ghost use Rattle.std.specs.Prelude.{◌≡◌, ◌<◌, ◌≤◌, ◌==◌, [], IfErr, IfOk, OnErr, OnOk, false, is_err, is_none, is_ok, length, not, slice_index_or, true};
ghost use Rattle.data_queue.specs.Change.{IsChange};
ghost use Rattle.data_queue.specs.Log.{HasLog, IsLog, Posted, Takes, TakesBefore, is_head, is_lost};
ghost use Rattle.data_queue.specs.Places.{ArePlaces, queue_of};

use crate::{Change, Places};
use mig_base::OutOfMemory;
use std::alloc::Global;
use std::marker::Model;

/// No cell was free, or the mark was up. The mark is up.
#[derive(Clone, Copy, Debug, PartialEq, Eq)]
pub struct Full;

/// The value isn't a place from the head to the next place of posting.
#[derive(Clone, Copy, Debug, PartialEq, Eq)]
pub struct BadHead {
    pub value: u32,
}

/// A queue of change entries, in cells that were taken when it was made. Contracts see its cells and its places.
#[derive(Drop)]
pub struct DataQueue {
    cells: Vec<[u8; 32]>,
    places: Places,
}

impl Model for DataQueue {
    ghost use Rattle.std.specs.Prelude.{◌≡◌, length, true};
    ghost use Rattle.data_queue.specs.Log.{HasLog, QueueState};
    ghost use Rattle.data_queue.specs.Places.{ArePlaces, queue_of};

    ghost Value = { QueueState };

    ghost view = { λ q. queue_of q.places q.cells.items };

    // A live queue stands for a list of changes.
    ghost invariant = { λ q. ArePlaces (length q.cells.items) q.places
        × (q.places.live ≡ true → HasLog (queue_of q.places q.cells.items)) };
}

impl DataQueue {
    /// A queue of 2 to 65,536 cells that isn't live.
    ///
    /// # Errors
    ///
    /// `OutOfMemory` where there is no memory for them.
    pub fn make(alloc: Global, cells: u32) -> Result<DataQueue, OutOfMemory>
        requires { (2 ≤ cells) × (cells ≤ 65536) }
        ensures cells { IfOk result (λ q. length q.cells ≡ cells) }
        ensures new { IfOk result (λ q. (q.live ≡ false) × (q.marked ≡ false)) }
    {
        let mut list = Vec::with_capacity(alloc, cells as usize)?;
        for _ in 0..cells {
            list.push_reserved([0; 32]);
        }
        Ok(DataQueue {
            cells: list,
            places: Places::NONE,
        })
    }

    /// Whether the queue was created and isn't deleted. A live queue stands for the changes that were posted since.
    pub fn live(&self) -> bool
        ensures value { result ≡ self.now.live }
        ensures log { result ≡ true → HasLog self.now }
    {
        self.places.live
    }

    /// Whether an entry found no free cell since the queue was created.
    pub fn marked(&self) -> bool
        ensures { result ≡ self.now.marked }
    {
        self.places.marked
    }

    /// How many cells it has.
    pub fn size(&self) -> u32
        ensures { result ≡ length self.now.cells }
    {
        self.cells.len() as u32
    }

    /// Its places.
    pub fn places(&self) -> Places
        ensures value { queue_of result self.now.cells ≡ self.now }
        ensures sound { ArePlaces (length self.now.cells) result }
    {
        self.places
    }

    /// Its cells, and its places.
    pub fn into_parts(self) -> (Vec<[u8; 32]>, Places)
        ensures value { queue_of result.1 result.0.items ≡ self }
        ensures sound { ArePlaces (length result.0.items) result.1 }
        ensures log { result.1.live ≡ true → HasLog (queue_of result.1 result.0.items) }
    {
        let DataQueue { cells, places } = self;
        (cells, places)
    }

    /// The queue of these cells and places, which `into_parts` gave or which are like those.
    pub fn from_parts(cells: Vec<[u8; 32]>, places: Places) -> DataQueue
        requires places { ArePlaces (length cells.items) places }
        requires log { places.live ≡ true → HasLog (queue_of places cells.items) }
        ensures { result ≡ queue_of places cells.items }
    {
        DataQueue { cells, places }
    }

    /// The bytes of a cell.
    pub fn cell(&self, i: u32) -> &[u8; 32]
        requires { i < length self.now.cells }
        ensures { result.now ≡ slice_index_or self.now.cells i [] }
    {
        &self.cells[i as usize]
    }

    /// A new queue with zeroed cells and no mark, unless one is live: answers false then.
    pub fn create(&mut self) -> bool
        ensures made { result ≡ not self.old.live }
        ensures created { result ≡ true → IsLog self.new [] 0 × (self.new.marked ≡ false) × (self.new.live ≡ true) × (length self.new.cells ≡ length self.old.cells) }
        ensures kept { result ≡ false → self.new ≡ self.old }
    {
        self.places.create(&mut self.cells)
    }

    /// The queue isn't live any more; answers false where it wasn't.
    pub fn delete(&mut self) -> bool
        ensures { (result ≡ self.old.live) × (self.new ≡ record self.old { live = false }) }
    {
        let was = self.places.live;
        self.places.live = false;
        was
    }

    /// Posts an entry behind the others.
    ///
    /// # Errors
    ///
    /// `Full` exactly where the mark is up or no cell is free. The mark is up then, and nothing was posted.
    pub fn post(&mut self, c: Change) -> Result<(), Full>
        requires live { self.old.live ≡ true }
        requires change { IsChange c }
        ensures full { is_err result ≡ is_lost self.old }
        ensures posted { Posted self.old c self.new }
    {
        self.places.post(&mut self.cells, c)
    }

    /// Takes the oldest entry that isn't taken: `None` exactly where there is none.
    pub fn take(&mut self) -> Option<Change>
        requires live { self.old.live ≡ true }
        ensures none { is_none result ≡ (self.old.waiting == 0) }
        ensures taken { Takes result self.old self.new }
    {
        self.places.take(&self.cells)
    }

    /// Takes all entries before a place.
    ///
    /// # Errors
    ///
    /// `BadHead` exactly where that is no place from the head to the next place of posting, in ring order. Nothing changes
    /// then.
    pub fn set_head(&mut self, value: u32) -> Result<(), BadHead>
        requires live { self.old.live ≡ true }
        ensures accepted { is_ok result ≡ is_head value self.old }
        ensures refused { OnErr result (self.new ≡ self.old) }
        ensures told { IfErr result (λ e. e.value ≡ value) }
        ensures taken { OnOk result (TakesBefore value self.old self.new) }
    {
        self.places.set_head(&self.cells, value)
    }
}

● **Assignment**
Copy the entries exactly as they appear.

● **Exercise response**
ghost use Rattle.std.specs.Prelude.{◌≡◌, ◌<◌, ◌≤◌, ◌==◌, [], IfErr, IfOk, OnErr, OnOk, false, is_err, is_none, is_ok, length, not, slice_index_or, true};
ghost use Rattle.data_queue.specs.Change.{IsChange};
ghost use Rattle.data_queue.specs.Log.{HasLog, IsLog, Posted, Takes, TakesBefore, is_head, is_lost};
ghost use Rattle.data_queue.specs.Places.{ArePlaces, queue_of};

use crate::{Change, Places};
use mig_base::OutOfMemory;
use std::alloc::Global;
use std::marker::Model;

/// No cell was free, or the mark was up. The mark is up.
#[derive(Clone, Copy, Debug, PartialEq, Eq)]
pub struct Full;

/// The value isn't a place from the head to the next place of posting.
#[derive(Clone, Copy, Debug, PartialEq, Eq)]
pub struct BadHead {
    pub value: u32,
}

/// A queue of change entries, in cells that were taken when it was made. Contracts see its cells and its places.
#[derive(Drop)]
pub struct DataQueue {
    cells: Vec<[u8; 32]>,
    places: Places,
}

impl Model for DataQueue {
    ghost use Rattle.std.specs.Prelude.{◌≡◌, length, true};
    ghost use Rattle.data_queue.specs.Log.{HasLog, QueueState};
    ghost use Rattle.data_queue.specs.Places.{ArePlaces, queue_of};

    ghost Value = { QueueState };

    ghost view = { λ q. queue_of q.places q.cells.items };

    // A live queue stands for a list of changes.
    ghost invariant = { λ q. ArePlaces (length q.cells.items) q.places
        × (q.places.live ≡ true → HasLog (queue_of q.places q.cells.items)) };
}

impl DataQueue {
    /// A queue of 2 to 65,536 cells that isn't live.
    ///
    /// # Errors
    ///
    /// `OutOfMemory` where there is no memory for them.
    pub fn make(alloc: Global, cells: u32) -> Result<DataQueue, OutOfMemory>
        requires { (2 ≤ cells) × (cells ≤ 65536) }
        ensures cells { IfOk result (λ q. length q.cells ≡ cells) }
        ensures new { IfOk result (λ q. (q.live ≡ false) × (q.marked ≡ false)) }
    {
        let mut list = Vec::with_capacity(alloc, cells as usize)?;
        for _ in 0..cells {
            list.push_reserved([0; 32]);
        }
        Ok(DataQueue {
            cells: list,
            places: Places::NONE,
        })
    }

    /// Whether the queue was created and isn't deleted. A live queue stands for the changes that were posted since.
    pub fn live(&self) -> bool
        ensures value { result ≡ self.now.live }
        ensures log { result ≡ true → HasLog self.now }
    {
        self.places.live
    }

    /// Whether an entry found no free cell since the queue was created.
    pub fn marked(&self) -> bool
        ensures { result ≡ self.now.marked }
    {
        self.places.marked
    }

    /// How many cells it has.
    pub fn size(&self) -> u32
        ensures { result ≡ length self.now.cells }
    {
        self.cells.len() as u32
    }

    /// Its places.
    pub fn places(&self) -> Places
        ensures value { queue_of result self.now.cells ≡ self.now }
        ensures sound { ArePlaces (length self.now.cells) result }
    {
        self.places
    }

    /// Its cells, and its places.
    pub fn into_parts(self) -> (Vec<[u8; 32]>, Places)
        ensures value { queue_of result.1 result.0.items ≡ self }
        ensures sound { ArePlaces (length result.0.items) result.1 }
        ensures log { result.1.live ≡ true → HasLog (queue_of result.1 result.0.items) }
    {
        let DataQueue { cells, places } = self;
        (cells, places)
    }

    /// The queue of these cells and places, which `into_parts` gave or which are like those.
    pub fn from_parts(cells: Vec<[u8; 32]>, places: Places) -> DataQueue
        requires places { ArePlaces (length cells.items) places }
        requires log { places.live ≡ true → HasLog (queue_of places cells.items) }
        ensures { result ≡ queue_of places cells.items }
    {
        DataQueue { cells, places }
    }

    /// The bytes of a cell.
    pub fn cell(&self, i: u32) -> &[u8; 32]
        requires { i < length self.now.cells }
        ensures { result.now ≡ slice_index_or self.now.cells i [] }
    {
        &self.cells[i as usize]
    }

    /// A new queue with zeroed cells and no mark, unless one is live: answers false then.
    pub fn create(&mut self) -> bool
        ensures made { result ≡ not self.old.live }
        ensures created { result ≡ true → IsLog self.new [] 0 × (self.new.marked ≡ false) × (self.new.live ≡ true) × (length self.new.cells ≡ length self.old.cells) }
        ensures kept { result ≡ false → self.new ≡ self.old }
    {
        self.places.create(&mut self.cells)
    }

    /// The queue isn't live any more; answers false where it wasn't.
    pub fn delete(&mut self) -> bool
        ensures { (result ≡ self.old.live) × (self.new ≡ record self.old { live = false }) }
    {
        let was = self.places.live;
        self.places.live = false;
        was
    }

    /// Posts an entry behind the others.
    ///
    /// # Errors
    ///
    /// `Full` exactly where the mark is up or no cell is free. The mark is up then, and nothing was posted.
    pub fn post(&mut self, c: Change) -> Result<(), Full>
        requires live { self.old.live ≡ true }
        requires change { IsChange c }
        ensures full { is_err result ≡ is_lost self.old }
        ensures posted { Posted self.old c self.new }
    {
        self.places.post(&mut self.cells, c)
    }

    /// Takes the oldest entry that isn't taken: `None` exactly where there is none.
    pub fn take(&mut self) -> Option<Change>
        requires live { self.old.live ≡ true }
        ensures none { is_none result ≡ (self.old.waiting == 0) }
        ensures taken { Takes result self.old self.new }
    {
        self.places.take(&self.cells)
    }

    /// Takes all entries before a place.
    ///
    /// # Errors
    ///
    /// `BadHead` exactly where that is no place from the head to the next place of posting, in ring order. Nothing changes
    /// then.
    pub fn set_head(&mut self, value: u32) -> Result<(), BadHead>
        requires live { self.old.live ≡ true }
        ensures accepted { is_ok result ≡ is_head value self.old }
        ensures refused { OnErr result (self.new ≡ self.old) }
        ensures told { IfErr result (λ e. e.value ≡ value) }
        ensures taken { OnOk result (TakesBefore value self.old self.new) }
    {
        self.places.set_head(&self.cells, value)
    }
}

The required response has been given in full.